A “fictional” alum from my college, Gary Cooper, allegedly rode a horse down the stairs in his dorm.
Fictional in that Cooper attended but did not graduate, and the horse story is horsefeathers.
A “fictional” alum from my college, Gary Cooper, allegedly rode a horse down the stairs in his dorm.
Fictional in that Cooper attended but did not graduate, and the horse story is horsefeathers.
I was just watching Season 5 of Veep, in which Selina Meyer’s body man Gary Walsh tells her he graduated from the Cornell School of Hotel Administration. (Selina says to him, “No you didn’t!”)
Kimble wrote:
I think Major John D. MacGillis from Major Dad went to Vanderbilt. I can neither think of nor google anyone else who did.
Wikipedia articles about colleges often list famous alumni. For Vanderbilt, it includes two US vice presidents, several foreign heads of state, Dinah Shore, Amy Grant, and Muhammad Yunus, the Nobel laureate developer of micro-financing.
Fictional alumni?
Fair enough. I did find a TV movie, The Cradle Will Fall, set on the Vanderbilt campus, but it’s a stretch to call that "famous or interesting.
Can we get a new Internet “law”: “As an online discussion asking for fictional examples of X grows longer than a handful of posts, the probability of someone naming real-life examples of X rapidly approaches 1.”
As far as I know, my college (SUNY Plattsburgh) never had any fictional alumni.
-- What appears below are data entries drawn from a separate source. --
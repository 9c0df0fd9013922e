//! Worked examples: the nodes of a source's program, or the place and the kind of its refusal.

use crate::table::{shown_fault, source_of, split_row};
use rr_base::{Fault, LimitKind};
use rr_lexer::lex;
use rr_parser::parse;
use rr_tree::Program;
use std::alloc::{AllocError, Global};
use std::process::Abort;
use std::test::Fail;

/// The program of a source.
fn read(alloc: Global, source: &[u8]) -> Result<Program, Fault> {
    let tokens = lex(alloc, source)?;
    parse(alloc, source, &tokens)
}

/// The nodes of a source's program, or its fault.
fn shown(alloc: Global, source: &[u8]) -> Result<String, AllocError> {
    match read(alloc, source) {
        Ok(program) => {
            let mut text = String::new(alloc);
            for node in &program.nodes {
                if !text.is_empty() {
                    text.push_str(", ")?;
                }
                let one = format!(in alloc; "{node:?}")?;
                text.push_str(one.as_str())?;
            }
            Ok(text)
        }
        Err(fault) => shown_fault(alloc, &fault),
    }
}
The only use of it in fiction that I’m aware of was in the movie The Last Waltz, a mockumentary about a polka band. In the movie the band played a disastrously bad concert at the college.
So ordered.
There’s a much more general rule. As a thread becomes longer, the probability of someone ignoring restrictions in the title or OP rapidly approaches 1. The chance that someone repeats an example already given (including in the OP) approaches certainty.
Particularly amusing when someone says, “I can’t believe no one has mentioned [whatever]” when [whatever] was in the OP or one of the other posts.
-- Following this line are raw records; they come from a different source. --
impl Engine {
    /// Asks for a call with these values: the steps of the parts are spent, and that of the node.
    #[tactic(auto, unfolding(crate::specs::Within::AreReached))]
    #[inline(always)]
    fn ask_with(
        &mut self,
        here: NodeId,
        callee: Callee,
        receiver: Ref,
        arguments: Arguments,
        steps: u64,
    ) -> Request
        requires control { self.old.control ≡ Control.Enter here }
        requires enough { steps < self.old.left }
        requires nested { IsNested (view_of self.old) }
        ensures goes { (p : Program) (t : Table) → ComesTo p (view_of self.old) t (rule (context_of p) (tree_at p.nodes.items here)) steps (finish (context_of p) (Target.Call callee) (receiver ∷ arguments_of arguments)) → IsAskedFor (context_of p) t callee receiver
            → (h : Course) → remaining p (view_of self.old) t h ≡ asking_then p (view_of self.new) t (asked_of t result) h }
        ensures nested { IsNested (view_of self.new) }
        ensures within { (k : Reach) → AreReached k (view_of self.old) → AreReached k (view_of self.new) }
        ensures asks { (k : Reach) → IsReached k receiver → All (IsReached k) (arguments_of arguments) → IsRequestReached k result }
        ensures left { self.new.left + steps + 1 ≡ self.old.left }
        ensures falls { 9 * self.new.left + sized (Option.Some result) (view_of self.new) < power (view_of self.old) }
    {
        self.left = self.left - steps - 1;
        Request::Call(Call {
            receiver,
            callee,
            arguments,
        })
    }

    /// Asks for a call without arguments.
    #[inline(always)]
    fn ask_bare(
        &mut self,
        prepared: &Prepared,
        space: &Space,
        here: NodeId,
        callee: Callee,
        receiver: NodeId,
        stop: u64,
    ) -> Option<Request>
        requires control { self.old.control ≡ Control.Enter here }
        requires script { rule (context_of prepared.now.program) (tree_at prepared.now.program.nodes.items here) ≡ with_value (tree_at prepared.now.program.nodes.items receiver) (λ v. finish (context_of prepared.now.program) (Target.Call callee) (v ∷ [])) }
        requires some { stop < self.old.left }
        requires nested { IsNested (view_of self.old) }
        ensures goes { IfSome result (λ q. (h : Course) → remaining prepared.now.program (view_of self.old) space.now h ≡ asking_then prepared.now.program (view_of self.new) space.now (asked_of space.now q) h) }
        ensures nested { IsNested (view_of self.new) }
        ensures within { (clusters : Option Below) → AreReached (reach (length space.now.slots) clusters) (view_of self.old) → AreReached (reach (length space.now.slots) clusters) (view_of self.new) }
        ensures asks { (clusters : Option Below) → AreReached (reach (length space.now.slots) clusters) (view_of self.old) → IfSome result (IsRequestReached (reach (length space.now.slots) clusters)) }
        ensures left { stop ≤ self.new.left }
        ensures falls { IfSome result (λ q. 9 * self.new.left + sized (Option.Some q) (view_of self.new) < power (view_of self.old)) }
        ensures none { IfNone result (view_of self.new ≡ view_of self.old) }
    {
        let Some(found) = self.quick_before(prepared, space, receiver, stop) else {
            return None;
        };
        if !prepared.is_asked_for(space, found.value, callee) {
            return None;
        }
        Some(self.ask_with(here, callee, found.value, Arguments::Without, found.steps))
    }

    /// Asks for a call with one argument that is not spread.
    #[inline(always)]
    fn ask_pair(
        &mut self,
        prepared: &Prepared,
        space: &Space,
        here: NodeId,
        callee: Callee,
        receiver: NodeId,
        argument: NodeId,
        stop: u64,
    ) -> Option<Request>
        requires control { self.old.control ≡ Control.Enter here }
        requires script { TakesTwo prepared.now.program (rule (context_of prepared.now.program) (tree_at prepared.now.program.nodes.items here)) (tree_at prepared.now.program.nodes.items receiver) (tree_at prepared.now.program.nodes.items argument) (λ v w. finish (context_of prepared.now.program) (Target.Call callee) (v ∷ w ∷ [])) }
        requires some { stop < self.old.left }
        requires nested { IsNested (view_of self.old) }
        ensures goes { IfSome result (λ q. (h : Course) → remaining prepared.now.program (view_of self.old) space.now h ≡ asking_then prepared.now.program (view_of self.new) space.now (asked_of space.now q) h) }
        ensures nested { IsNested (view_of self.new) }
        ensures within { (clusters : Option Below) → AreReached (reach (length space.now.slots) clusters) (view_of self.old) → AreReached (reach (length space.now.slots) clusters) (view_of self.new) }
        ensures asks { (clusters : Option Below) → AreReached (reach (length space.now.slots) clusters) (view_of self.old) → IfSome result (IsRequestReached (reach (length space.now.slots) clusters)) }
        ensures left { stop ≤ self.new.left }
        ensures falls { IfSome result (λ q. 9 * self.new.left + sized (Option.Some q) (view_of self.new) < power (view_of self.old)) }
        ensures none { IfNone result (view_of self.new ≡ view_of self.old) }
    {
        let Some(found) = self.quick_before(prepared, space, receiver, stop) else {
            return None;
        };
        if !prepared.is_asked_for(space, found.value, callee) {
            return None;
        }
        let before = self.steps_together(stop, found.steps);
        let Some(last) = self.quick_before(prepared, space, argument, before) else {
            return None;
        };
        let steps = self.steps_together(found.steps, last.steps);
        let arguments = Arguments::One(last.value);
        Some(self.ask_with(here, callee, found.value, arguments, steps))
    }

    /// Asks for an assignment to an element.
    #[inline(always)]
    fn ask_element(
        &mut self,
        prepared: &Prepared,
        space: &Space,
        here: NodeId,
        receiver: NodeId,
        index: NodeId,
        value: NodeId,
        stop: u64,
    ) -> Option<Request>
        requires control { self.old.control ≡ Control.Enter here }
        requires script { rule (context_of prepared.now.program) (tree_at prepared.now.program.nodes.items here) ≡ values (tree_at prepared.now.program.nodes.items receiver ∷ tree_at prepared.now.program.nodes.items index ∷ tree_at prepared.now.program.nodes.items value ∷ []) [] (finish (context_of prepared.now.program) (Target.Call Called.SetIndex)) }
        requires some { stop < self.old.left }
        requires nested { IsNested (view_of self.old) }
        ensures goes { IfSome result (λ q. (h : Course) → remaining prepared.now.program (view_of self.old) space.now h ≡ asking_then prepared.now.program (view_of self.new) space.now (asked_of space.now q) h) }
        ensures nested { IsNested (view_of self.new) }
        ensures within { (clusters : Option Below) → AreReached (reach (length space.now.slots) clusters) (view_of self.old) → AreReached (reach (length space.now.slots) clusters) (view_of self.new) }
        ensures asks { (clusters : Option Below) → AreReached (reach (length space.now.slots) clusters) (view_of self.old) → IfSome result (IsRequestReached (reach (length space.now.slots) clusters)) }
        ensures left { stop ≤ self.new.left }
        ensures falls { IfSome result (λ q. 9 * self.new.left + sized (Option.Some q) (view_of self.new) < power (view_of self.old)) }
        ensures none { IfNone result (view_of self.new ≡ view_of self.old) }
    {
        let Some(found) = self.quick_before(prepared, space, receiver, stop) else {
            return None;
        };
        let callee = Callee::SetIndex;
        if !prepared.is_asked_for(space, found.value, callee) {
            return None;
        }
        let before = self.steps_together(stop, found.steps);
        let Some(at) = self.quick_before(prepared, space, index, before) else {
            return None;
        };
        let some = self.steps_together(found.steps, at.steps);
        let before = self.steps_together(stop, some);
        let Some(last) = self.quick_before(prepared, space, value, before) else {
            return None;
        };
        let steps = self.steps_together(some, last.steps);
        let arguments = Arguments::Two(at.value, last.value);
        Some(self.ask_with(here, callee, found.value, arguments, steps))
    }

    /// Asks for a call of a receiver by a name, with one argument or none.
    #[inline(always)]
    fn ask_name(
        &mut self,
        prepared: &Prepared,
        space: &Space,
        here: NodeId,
        name: Sym,
        receiver: NodeId,
        first: NodeId,
        count: u32,
        stop: u64,
    ) -> Option<Request>
        requires control { self.old.control ≡ Control.Enter here }
        requires script { rule (context_of prepared.now.program) (tree_at prepared.now.program.nodes.items here) ≡ with_value (tree_at prepared.now.program.nodes.items receiver) (λ v. arguments (context_of prepared.now.program) (trees_before prepared.now.program.nodes.items (first + count) count) (v ∷ []) (finish (context_of prepared.now.program) (Target.Call (Called.Name name)))) }
        requires some { stop < self.old.left }
        requires nested { IsNested (view_of self.old) }
        ensures goes { IfSome result (λ q. (h : Course) → remaining prepared.now.program (view_of self.old) space.now h ≡ asking_then prepared.now.program (view_of self.new) space.now (asked_of space.now q) h) }
        ensures nested { IsNested (view_of self.new) }
        ensures within { (clusters : Option Below) → AreReached (reach (length space.now.slots) clusters) (view_of self.old) → AreReached (reach (length space.now.slots) clusters) (view_of self.new) }
        ensures asks { (clusters : Option Below) → AreReached (reach (length space.now.slots) clusters) (view_of self.old) → IfSome result (IsRequestReached (reach (length space.now.slots) clusters)) }
        ensures left { stop ≤ self.new.left }
        ensures falls { IfSome result (λ q. 9 * self.new.left + sized (Option.Some q) (view_of self.new) < power (view_of self.old)) }
        ensures none { IfNone result (view_of self.new ≡ view_of self.old) }
    {
        let callee = Callee::Name(name);
        match count {
            0 => self.ask_bare(prepared, space, here, callee, receiver, stop),
            1 => self.ask_pair(prepared, space, here, callee, receiver, first, stop),
            _ => None,
        }
    }

    /// Asks for a call that comes next: by it an element or an attribute is read that is then assigned to.
    #[inline(always)]
    pub fn ask_sent(
        &mut self,
        prepared: &Prepared,
        space: &Space,
        callee: Callee,
        receiver: Ref,
        argument: Option<Ref>,
        stop: u64,
    ) -> Option<Request>
        requires control { self.old.control ≡ Control.Send callee receiver argument }
        requires stop { stop ≤ self.old.left }
        requires nested { IsNested (view_of self.old) }
        ensures goes { IfSome result (λ q. (h : Course) → remaining prepared.now.program (view_of self.old) space.now h ≡ asking_then prepared.now.program (view_of self.new) space.now (asked_of space.now q) h) }
        ensures nested { IsNested (view_of self.new) }
        ensures within { (clusters : Option Below) → AreReached (reach (length space.now.slots) clusters) (view_of self.old) → AreReached (reach (length space.now.slots) clusters) (view_of self.new) }
        ensures asks { (clusters : Option Below) → AreReached (reach (length space.now.slots) clusters) (view_of self.old) → IfSome result (IsRequestReached (reach (length space.now.slots) clusters)) }
        ensures left { stop ≤ self.new.left }
        ensures falls { IfSome result (λ q. 9 * self.new.left + sized (Option.Some q) (view_of self.new) < power (view_of self.old)) }
        ensures none { IfNone result (view_of self.new ≡ view_of self.old) }
    {
        if self.left <= stop {
            return None;
        }
        if !is_sent(callee) {
            return None;
        }
        if !prepared.is_asked_for(space, receiver, callee) {
            return None;
        }
        self.left -= 1;
        Some(Request::Call(Call {
            receiver,
            callee,
            arguments: one_or_none(argument),
        }))
    }

    /// Asks for a call of a built-in method, where a node is one whose parts need no frame, and the steps do not stop before.
    #[inline(always)]
    pub fn ask_call(
        &mut self,
        prepared: &Prepared,
        space: &Space,
        here: NodeId,
        stop: u64,
    ) -> Option<Request>
        requires control { self.old.control ≡ Control.Enter here }
        requires stop { stop ≤ self.old.left }
        requires nested { IsNested (view_of self.old) }
        ensures goes { IfSome result (λ q. (h : Course) → remaining prepared.now.program (view_of self.old) space.now h ≡ asking_then prepared.now.program (view_of self.new) space.now (asked_of space.now q) h) }
        ensures nested { IsNested (view_of self.new) }
        ensures within { (clusters : Option Below) → AreReached (reach (length space.now.slots) clusters) (view_of self.old) → AreReached (reach (length space.now.slots) clusters) (view_of self.new) }
        ensures asks { (clusters : Option Below) → AreReached (reach (length space.now.slots) clusters) (view_of self.old) → IfSome result (IsRequestReached (reach (length space.now.slots) clusters)) }
        ensures left { stop ≤ self.new.left }
        ensures falls { IfSome result (λ q. 9 * self.new.left + sized (Option.Some q) (view_of self.new) < power (view_of self.old)) }
        ensures none { IfNone result (view_of self.new ≡ view_of self.old) }
    {
        if self.left <= stop {
            return None;
        }
        match prepared.node(here) {
            Some(
                &Node::Send {
                    receiver,
                    name,
                    first,
                    count,
                    ..
                },
            ) => self.ask_name(prepared, space, here, name, receiver, first, count, stop),
            Some(&Node::Index(a, b)) => {
                self.ask_pair(prepared, space, here, Callee::Index, a, b, stop)
            }
            Some(&Node::Append(a, b)) => {
                self.ask_pair(prepared, space, here, Callee::Append, a, b, stop)
            }
            Some(
                &Node::SetIndex {
                    receiver,
                    index,
                    value,
                },
            ) => self.ask_element(prepared, space, here, receiver, index, value, stop),
            _ => None,
        }
    }
}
President Bartlet’s press secretary, CJ Cregg, went to UC Berkeley – and even gave us a “Go Bears!” once from the lectern.
I finally thought of another fictional Vanderbilt alum: Creme de la Creme from one of Key & Peele’s East/West games.
I bet Jack Irish studied at Melbourne. Lawyer. Lives in Fitzroy. Case closed.
Yes. I looked up Penn on the site mentioned above and apparently the only fictional Penn graduate was someone I’d never heard of in a novel I never heard of by a writer I never heard of. On the other hand, it has one graduate I fervently wish had been fictional: Donald Trump.
As for prestige among the ivies, I would say there is the big three and then the other five.
I guess the other question is what do you think the writers were trying to convey by using that school?
For my school (Dartmouth) I think it’s usually used for old money, East Coast white, prep school educated, outdoorsy and athletic. Not top tier academics, but upper echelon.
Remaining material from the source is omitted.